YOUR ASSIGNMENT
For each line in the data that includes "Greater", make a copy.

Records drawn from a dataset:
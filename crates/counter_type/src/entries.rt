//! Entries in order: keys with values, as counts, sets and maps hold them.

ghost use Rattle.std.specs.Prelude.{◌≡◌, ◌+◌, ◌<◌, ◌≤◌, List, [], ◌∷◌, ◌++◌, IfOk, OnOk, OnErr, vec_len, vec_capacity};
ghost use Rattle.std.specs.Option.{option_copied};
ghost use Rattle.std.specs.VecDeque.{deque_len};
ghost use Rattle.context_model.specs.Orders.{IsIn};
ghost use Rattle.context_model.specs.KeyedMerge.{AtOneKey, Finds, brings};
ghost use Rattle.context_model.specs.KeyedMerge.{keys_of, later, merge_with};
ghost use Rattle.counter_type.specs.Entries.{AreEntries, AreKeys};

use crate::keys::Keys;
use crate::lattice::Lattice;
use crate::moves::{move_first, move_rest, room_for};
use outside::Memory;
use std::alloc::Global;
use std::cmp::Ordering;
use std::collections::VecDeque;
use std::mem;

/// The value at a key, by binary search. It takes no memory.
///
/// The search is written out: std's calls its closure at whatever it meets, and asks that this may
/// be done at all values, while `compare` may be called at keys that fit alone.
pub fn value_at<'a, K: Keys, L: Lattice>(
    keys: &K,
    entries: &'a [(K::Key, L)],
    key: &K::Key,
) -> Option<&'a L>
    requires keys { AreKeys (K.fits keys.now) (K.order keys.now) (keys_of entries.now) }
    requires key_fits { K.fits keys.now key.now }
    ensures { Finds entries.now key.now (option_copied result) }
{
    let mut low = 0;
    let mut high = entries.len();
    while low < high {
        let middle = low + (high - low) / 2;
        let (held, value) = &entries[middle];
        match keys.compare(held, key) {
            Ordering::Less => low = middle + 1,
            Ordering::Equal => return Some(value),
            Ordering::Greater => high = middle,
        }
    }
    None
}

/// Joins their entries to ours, with the values of a common key joined. Where memory runs out, ours
/// stay unchanged: all that can fail is done before the first entry is moved.
pub fn join_entries<K: Keys, L: Lattice>(
    keys: &K,
    ours: &mut Vec<(K::Key, L)>,
    theirs: &[(K::Key, L)],
) -> Result<(), Memory>
    requires ours { AreEntries (K.fits keys.now) (K.order keys.now) L.proper ours.old.items }
    requires theirs { AreEntries (K.fits keys.now) (K.order keys.now) L.proper theirs.now }
    requires alike { AtOneKey L.alike ours.old.items theirs.now }
    ensures ok { OnOk result
        (ours.new.items ≡ merge_with (K.order keys.now) L.joined ours.old.items theirs.now) }
    ensures err { OnErr result (ours.new.items ≡ ours.old.items) }
{
    if theirs.is_empty() {
        return Ok(());
    }
    let alloc = *ours.allocator();
    let news = brought(alloc, keys, ours, theirs)?;
    let room = room_for(alloc, ours.len(), news.len())?;
    let entries = mem::replace(ours, Vec::new(alloc));
    *ours = merged(keys, VecDeque::from(entries), VecDeque::from(news), room);
    Ok(())
}

/// The same entries again.
pub fn copied_entries<K: Keys, L: Lattice>(
    alloc: Global,
    keys: &K,
    entries: &[(K::Key, L)],
) -> Result<Vec<(K::Key, L)>, Memory>
    ensures { IfOk result (λ copied. copied.items ≡ entries.now) }
{
    let mut copied = Vec::with_capacity(alloc, entries.len())?;
    append(keys, &mut copied, entries)?;
    Ok(copied)
}

/// What a join brings to our entries: a copy of each of theirs, with its value joined to a copy of
/// ours where we have the key.
fn brought<K: Keys, L: Lattice>(
    alloc: Global,
    keys: &K,
    ours: &[(K::Key, L)],
    theirs: &[(K::Key, L)],
) -> Result<Vec<(K::Key, L)>, Memory>
    requires ours { AreEntries (K.fits keys.now) (K.order keys.now) L.proper ours.now }
    requires theirs { AreEntries (K.fits keys.now) (K.order keys.now) L.proper theirs.now }
    requires alike { AtOneKey L.alike ours.now theirs.now }
    ensures { IfOk result
        (λ news. news.items ≡ brings (K.order keys.now) L.joined ours.now theirs.now) }
{
    let mut news = Vec::with_capacity(alloc, theirs.len())?;
    let mut i = 0;
    let mut j = 0;
    while i < ours.len() && j < theirs.len() {
        let (our_key, our_value) = &ours[i];
        let (key, value) = &theirs[j];
        match keys.compare(our_key, key) {
            Ordering::Less => i += 1,
            Ordering::Equal => {
                let joined = join_of(our_value, value)?;
                push_entry(keys, &mut news, key, joined)?;
                i += 1;
                j += 1;
            }
            Ordering::Greater => {
                push_entry(keys, &mut news, key, value.copy()?)?;
                j += 1;
            }
        }
    }
    append(keys, &mut news, &theirs[j..])?;
    Ok(news)
}

/// The join of two values.
fn join_of<L: Lattice>(ours: &L, theirs: &L) -> Result<L, Memory>
    requires { L.alike ours.now theirs.now }
    ensures { IfOk result (λ joined. joined ≡ L.joined ours.now theirs.now) }
{
    let mut joined = ours.copy()?;
    joined.join(theirs)?;
    Ok(joined)
}

/// Adds copies of the entries at the end.
fn append<K: Keys, L: Lattice>(
    keys: &K,
    into: &mut Vec<(K::Key, L)>,
    entries: &[(K::Key, L)],
) -> Result<(), Memory>
    ensures { OnOk result (into.new.items ≡ into.old.items ++ entries.now) }
{
    for (key, value) in entries {
        push_entry(keys, into, key, value.copy()?)?;
    }
    Ok(())
}

/// Adds a copy of the key with a value at the end.
fn push_entry<K: Keys, L: Lattice>(
    keys: &K,
    into: &mut Vec<(K::Key, L)>,
    key: &K::Key,
    value: L,
) -> Result<(), Memory>
    ensures { OnOk result (into.new.items ≡ into.old.items ++ (key.now, value) ∷ []) }
{
    into.push((keys.copy_key(key)?, value))?;
    Ok(())
}

/// Both lists in one, in the order of their keys, moved into a list that has room for them. It
/// takes no memory. At a common key the value is that of the news.
fn merged<K: Keys, L: Lattice>(
    keys: &K,
    mut ours: VecDeque<(K::Key, L)>,
    mut news: VecDeque<(K::Key, L)>,
    room: Vec<(K::Key, L)>,
) -> Vec<(K::Key, L)>
    requires ours_fit { (key : K.Key) → IsIn key (keys_of ours.items) → K.fits keys.now key }
    requires news_fit { (key : K.Key) → IsIn key (keys_of news.items) → K.fits keys.now key }
    requires empty { room.items ≡ [] }
    requires capacity { deque_len ours + deque_len news ≤ vec_capacity room }
    ensures { result.items ≡ merge_with (K.order keys.now) later ours.items news.items }
{
    let mut entries = room;
    while !ours.is_empty() && !news.is_empty() {
        match keys.compare(&ours[0].0, &news[0].0) {
            Ordering::Less => move_first(&mut ours, &mut entries),
            Ordering::Equal => replace_first(&mut ours, &mut news, &mut entries),
            Ordering::Greater => move_first(&mut news, &mut entries),
        }
    }
    move_rest(ours, &mut entries);
    move_rest(news, &mut entries);
    entries
}

/// Moves the first key of ours to the end of the entries, with the first value of the news.
fn replace_first<K: Drop, L: Drop>(
    ours: &mut VecDeque<(K, L)>,
    news: &mut VecDeque<(K, L)>,
    into: &mut Vec<(K, L)>,
)
    requires some { 0 < deque_len ours.old }
    requires some_news { 0 < deque_len news.old }
    requires room { vec_len into.old < vec_capacity into.old }
    ensures moved { (our : K × L) × (new : K × L) × (ours.old.items ≡ our ∷ ours.new.items)
        × (news.old.items ≡ new ∷ news.new.items)
        × (into.new.items ≡ into.old.items ++ (our.0, new.1) ∷ []) }
    ensures fewer { deque_len ours.old ≡ deque_len ours.new + 1 }
    ensures fewer_news { deque_len news.old ≡ deque_len news.new + 1 }
    ensures more { vec_len into.new ≡ vec_len into.old + 1 }
    ensures capacity { vec_capacity into.old ≤ vec_capacity into.new }
{
    if let Some(our) = ours.pop_front() {
        if let Some(new) = news.pop_front() {
            into.push((our.0, new.1)).unwrap();
        }
    }
}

RESULT FOR THIS EXERCISE
            Ordering::Greater => high = middle,
            Ordering::Greater => {
            Ordering::Greater => move_first(&mut news, &mut entries),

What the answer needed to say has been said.